YTEP-0029: Extension Packages

Abstract

Created: January 25, 2016

Author: Matthew Turk

The yt project is not the same as the yt codebase. However, the bundling of analysis modules and maintaining a monolithic repository tends to blur the distinction between the two. This YTEP is an attempt to identify how we can make the codebase more friendly to extension modules, and to encourage an ecosystem of independently developed packages that utilize yt.

Status

Completed

Detailed Description

This YTEP proposes a few courses of action designed to promote the idea of yt as a dependency, rather than a destination, for analysis modules and external projects.

As it stands, many (the author included) have viewed yt as the “place” to put things, whether or not they contribute to its core mission. There are several good reasons for this:

  • Distribution: yt is largely a monolithic codebase, and if you have downloaded and installed yt, you have access to all of the analysis modules. This makes discoverability and distribution much easier.
  • Infrastructure: yt has testing infrastructure which gets run on all pull requests and new revisions. As such, if the analysis module is in the primary codebase, it too will be tested. If functionality in yt changes, the analysis module will track this. Additionally, we provide the ability to run tests on managed infrastructure.
  • Hosting: We will allow these projects to host data on hub.yt as well as have their websites either as subrepositories in the main yt-project/website repository or as subdirectories. This will allow them to share our hosting infrastructure without developing their own, if they so wish.
  • Prestige: (maybe?) Having something be a part of yt adds to the sense that it’s part of the bigger project, and that it’s somehow graduated to a stable component. (I am not sure this is real, but it’s been mentioned to me.)
  • Social infrastructure: There’s a mailing list for yt, so folks know where to go.

But, there are several – sometimes quite large – downsides to being part of the mainline yt codebase.

  • Project Standards: The methods right now for developing in yt require several iterations of code review as well as conforming to standards of development practices. For instance, this could include style or where the code is developed (i.e., bitbucket/github/kallithea/etc).
  • Credit: While the situation is certainly improving, and there is nothing to stop a contributor from writing a paper describing a new analysis module (in fact this is encouraged) it is still a part of a “project” codebase rather than a standalone entity. This can diminish the perception of individual contributions, particularly by people not directly affiliated with the mainline yt project.
  • Timeline: The acceptance of a change into yt can often be on a weeks or longer timescale, depending largely on the time being issuing a pull request and the next PR triage. For modules that are developed with much higher frequency, this can be very cumbersome and costly in developer efforts.
  • Dependencies: yt attempts to keep the number of dependencies at a minimum; if a package wants to use them, it often has to either make them on-demand or vendor them with the source. We want to encourage packages to utilize new technologies and experiment – but at present, we can’t allow that into mainline.

A solution to this problem would be to encourage an ecosystem of discoverable packages that build on yt as a dependency. Three such packages exist at time of writing – powderday, trident, and astroblend.

What this YTEP proposes is to restructure our discussion of yt as a project to emphasize these types of packages and projects as citizens in the community, and provide to them a mechanism for people to find them.

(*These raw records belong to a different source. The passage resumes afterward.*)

// The state that a client keeps, and the digest of its key.
ghost use Rattle.std.specs.Prelude.{◌≡◌, ◌++◌};
ghost use Rattle.sha2.specs.Sha256.{sha256};

use crate::known::Known;
use block_id::{BlockId, Memory};
use sha2::{Digest, Sha256};
use std::alloc::{AllocError, AllocFailed};

/// What a client keeps of one file system.
#[derive(Drop)]
pub struct State {
    /// Whether a violation was seen.
    pub marked: bool,
    /// The least format of blocks' files that are taken, 1 or 2.
    pub least: u8,
    pub fs_id: BlockId,
    pub key_salt: [u8; 32],
    pub key_digest: [u8; 32],
    /// The own client, from 1.
    pub client: u32,
    pub known: Known,
}

/// The forms of a record. Both are read, and the newer one is written.
#[derive(Clone, Copy, PartialEq, Eq)]
pub enum Form {
    /// Form 1, which doesn't say the least format of blocks' files.
    Older,
    /// Form 2.
    Newer,
}

/// Why a record wasn't read.
#[derive(Clone, Copy, Debug, PartialEq, Eq)]
pub enum StateError {
    /// Memory was refused.
    Memory,
    /// No state and list have these bytes.
    BadState,
}

impl From<Memory> for StateError {
    ghost use Rattle.local_state.specs.declared.state.StateError.TheVariants.{Memory};

    ghost from_gives = { λ _ e. e ≡ Memory };

    fn from(_: Memory) -> Self {
        StateError::Memory
    }
}

impl From<AllocError> for StateError {
    ghost use Rattle.local_state.specs.declared.state.StateError.TheVariants.{Memory};

    ghost from_gives = { λ _ e. e ≡ Memory };

    fn from(_: AllocError) -> Self {
        StateError::Memory
    }
}

impl<T: Drop> From<AllocFailed<T>> for StateError {
    ghost use Rattle.local_state.specs.declared.state.StateError.TheVariants.{Memory};

    ghost from_gives = { λ _ e. e ≡ Memory };

    fn from(_: AllocFailed<T>) -> Self {
        StateError::Memory
    }
}

/// SHA-256 of the salt followed by the key.
pub fn key_digest(salt: &[u8; 32], key: &[u8; 32]) -> [u8; 32]
    ensures { result ≡ sha256 (salt.now ++ key.now) }
{
    let mut hasher = Sha256::new();
    hasher.update(salt);
    hasher.update(key);
    hasher.finalize()
}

This will take a few forms:

  • Re-designing the website to emphasize the burgeoning ecosystem of projects, perhaps similar to the way astropy.org is set up.
  • Offering, but not mandating, projects that they should direct questions to the yt-users mailing list.
  • Splitting out some particularly isolated projects from analysis modules. This may include photon simulator and the sz generator.
  • Provide entry points in the code for people to find out about available analysis modules. (Discussed below.)
  • Utilize intersphinx documentation links for analysis modules, or offer to host documentation on the main yt homepage.
  • Determine mechanisms for recognizing projects as extensions, independent, related, etc.
  • Adding testing support can be difficult and labor intensive; however, we should explore adding testing support for extensions under some criteria. (Such as, does this depend on public APIs, do test failures constitute upstream breakages, etc.)
  • Accept either subrepos or subdirectories in yt-project/website.

At present, people can find analysis modules by doing something like::

>>> dir(yt.amods)

This returns a list of analysis modules. This could be extended to also parse a small list of known external projects which could be installed. Importing one that was not installed would report that it wasn’t installed and describe a method for installing it.

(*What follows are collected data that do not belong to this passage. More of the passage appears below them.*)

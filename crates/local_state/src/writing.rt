// The record of a state and a list, written.
ghost use Rattle.std.specs.Int.{w32, to_le_bytes};
ghost use Rattle.std.specs.Prelude.{◌≡◌, ◌<◌, ◌^◌, ◌++◌, map, All, OnOk, IfOk};
ghost use Rattle.std.specs.FinMap as fin;
ghost use Rattle.outside.specs.View.{list_of, pending_of, at_of, change_of};
ghost use Rattle.local_state.specs.Known.{plain_entry, FitLives};
ghost use Rattle.local_state.specs.Record.{plain_state, head_bytes, bytes_by, IsLeast, life_bytes, known_bytes, lives_bytes, name_bytes, change_bytes, entry_bytes, list_bytes, record_bytes, FitsHead, FitsBytes, FitsList, HasRecord};

use crate::known::Known;
use crate::life::Life;
use crate::state::{Form, State};
use block_id::{BlockId, Memory};
use byte_fields::{put_id, put_u32, put_u64};
use outside::{Change, FileName, Pending};
use std::alloc::Global;

/// What a record of each form begins with.
pub(crate) const MAGIC_OLDER: [u8; MAGIC_LEN] = *b"cryfs.localstate;1\0";

pub const MAGIC_NEWER: [u8; MAGIC_LEN] = *b"cryfs.localstate;2\0";

pub const MAGIC_LEN: usize = 19;

/// Where the byte stands that marks a violation, in a record of either form.
pub const MARK_PLACE: usize = MAGIC_LEN;

const HEAD_LEN: usize = 105;

pub(crate) const LIFE_LEN: usize = 25;

const COUNT_LEN: usize = 8;

/// What stands behind the mark, and behind the least format where the form says it.
fn put_rest(out: &mut Vec<u8>, state: &State) -> Result<(), Memory>
    ensures bytes { OnOk result (out.new.items ≡ out.old.items ++ (state.now.fs_id.0 ++ (state.now.key_salt ++ (state.now.key_digest ++ to_le_bytes w32 state.now.client)))) }
    ensures fits { OnOk result (FitsHead (plain_state state.now)) }
{
    put_id(out, &state.fs_id)?;
    out.extend_from_slice(&state.key_salt)?;
    out.extend_from_slice(&state.key_digest)?;
    put_u32(out, state.client)
}

#[tactic(auto, unfolding(crate::specs::Record::head_bytes))]
fn put_head(out: &mut Vec<u8>, state: &State) -> Result<(), Memory>
    ensures bytes { OnOk result (out.new.items ≡ out.old.items ++ head_bytes Form.Newer (plain_state state.now)) }
    ensures fits { OnOk result (FitsHead (plain_state state.now)) }
{
    out.extend_from_slice(&MAGIC_NEWER)?;
    out.push(u8::from(state.marked))?;
    out.push(state.least)?;
    put_rest(out, state)
}

#[tactic(auto, unfolding(crate::specs::Record::head_bytes))]
fn put_older_head(out: &mut Vec<u8>, state: &State) -> Result<(), Memory>
    ensures bytes { OnOk result (out.new.items ≡ out.old.items ++ head_bytes Form.Older (plain_state state.now)) }
    ensures fits { OnOk result (FitsHead (plain_state state.now)) }
{
    out.extend_from_slice(&MAGIC_OLDER)?;
    out.push(u8::from(state.marked))?;
    put_rest(out, state)
}

fn put_life(out: &mut Vec<u8>, id: &BlockId, life: &Life) -> Result<(), Memory>
    ensures { OnOk result (out.new.items ≡ out.old.items ++ life_bytes (plain_entry (id.now, life.now))) }
{
    put_id(out, id)?;
    put_u64(out, life.version)?;
    out.push(u8::from(life.live))?;
    Ok(())
}

fn put_entries(out: &mut Vec<u8>, entries: &[(BlockId, Life)]) -> Result<(), Memory>
    ensures { OnOk result (out.new.items ≡ out.old.items ++ known_bytes (map plain_entry entries.now)) }
{
    put_u64(out, entries.len() as u64)?;
    'lives: for entry in entries {
        put_life(out, &entry.0, &entry.1)?;
    }
    Ok(())
}

fn put_known(alloc: Global, out: &mut Vec<u8>, known: &Known) -> Result<(), Memory>
    ensures bytes { OnOk result (out.new.items ≡ out.old.items ++ lives_bytes known.now.lives) }
    ensures fits { OnOk result (FitLives known.now.lives) }
{
    let entries = known.sorted(alloc)?;
    put_entries(out, &entries)
}

fn put_name(out: &mut Vec<u8>, name: &FileName) -> Result<(), Memory>
    ensures { OnOk result (out.new.items ≡ out.old.items ++ name_bytes (at_of name.now)) }
{
    match name {
        FileName::Config => Ok(out.push(0)?),
        FileName::Block(id) => {
            out.push(1)?;
            put_id(out, id)
        }
    }
}

fn put_change(out: &mut Vec<u8>, change: &Change) -> Result<(), Memory>
    requires { FitsBytes (change_of change.now) }
    ensures { OnOk result (out.new.items ≡ out.old.items ++ change_bytes (change_of change.now)) }
{
    match change {
        Change::Removal => out.push(0)?,
        Change::Bytes(bytes) => {
            out.push(1)?;
            put_u32(out, bytes.len() as u32)?;
            out.extend_from_slice(bytes)?;
        }
    }
    Ok(())
}

fn put_entry(out: &mut Vec<u8>, entry: &Pending) -> Result<(), Memory>
    requires { FitsBytes (change_of entry.now.change) }
    ensures { OnOk result (out.new.items ≡ out.old.items ++ entry_bytes (pending_of entry.now)) }
{
    put_name(out, &entry.name)?;
    put_change(out, &entry.change)
}

fn put_list(out: &mut Vec<u8>, list: &[Pending]) -> Result<(), Memory>
    requires { All (λ entry. FitsBytes (change_of entry.change)) list.now }
    ensures { OnOk result (out.new.items ≡ out.old.items ++ list_bytes (list_of list.now)) }
{
    put_u64(out, list.len() as u64)?;
    'entries: for entry in list {
        put_entry(out, entry)?;
    }
    Ok(())
}

/// How many bytes a record of these has before its list's entries.
fn front_len(state: &State) -> usize
    ensures { fin.len state.now.known.lives < 2 ^ 64 }
{
    let len = HEAD_LEN + 2 * COUNT_LEN;
    state
        .known
        .len()
        .saturating_mul(LIFE_LEN)
        .saturating_add(len)
}

/// The record of a state and a list.
#[tactic(auto, unfolding(crate::specs::Record::bytes_by))]
pub fn encode(alloc: Global, state: &State, list: &[Pending]) -> Result<Vec<u8>, Memory>
    requires client { 0 < state.now.client }
    requires least { IsLeast state.now.least }
    requires list { FitsList state.now.known.lives (list_of list.now) }
    ensures bytes { IfOk result (λ v. v.items ≡ record_bytes (plain_state state.now) (list_of list.now)) }
    ensures has_record { OnOk result (HasRecord (plain_state state.now) (list_of list.now)) }
{
    let mut out = Vec::with_capacity(alloc, front_len(state))?;
    put_head(&mut out, state)?;
    put_known(alloc, &mut out, &state.known)?;
    put_list(&mut out, list)?;
    Ok(out)
}

/// The record of a state and a list in the older form, which takes blocks' files of each format.
#[tactic(auto, unfolding(crate::specs::Record::bytes_by))]
pub fn encode_form1(alloc: Global, state: &State, list: &[Pending]) -> Result<Vec<u8>, Memory>
    requires client { 0 < state.now.client }
    requires least { state.now.least ≡ 1 }
    requires list { FitsList state.now.known.lives (list_of list.now) }
    ensures bytes { IfOk result (λ v. v.items ≡ bytes_by Form.Older (plain_state state.now) (list_of list.now)) }
    ensures has_record { OnOk result (HasRecord (plain_state state.now) (list_of list.now)) }
{
    let mut out = Vec::with_capacity(alloc, front_len(state))?;
    put_older_head(&mut out, state)?;
    put_known(alloc, &mut out, &state.known)?;
    put_list(&mut out, list)?;
    Ok(out)
}
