// The life of one id.

/// The version that was last written under an id, from 1, and whether the block still lives.
#[derive(Clone, Copy, PartialEq, Eq, PartialOrd, Ord)]
pub struct Life {
    pub version: u64,
    pub live: bool,
}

Depending on the type of project, we may want to distinguish between yt extensions and projects that share the yt ecosystem. For the former, we could evaluate using yt.extension as the namespace, if yt.analysis_module is not appropriate. This would then provide (similar to how Flask manages extension modules) a naming scheme (say, ytext_projectname) that would be imported into yt.extension. This is not necessary, but is a possibility within the scope of this YTEP.

Backwards Compatibility

If we split out existing modules, they would need to be API compatible. We would also want to make sure that they are well-supported by our infrastructure.

Alternatives

One possible alternative would be to make the yt.analysis_modules namespace a free-for-all of modifications, with much shorter timescales and essentially autonomous operation by developers.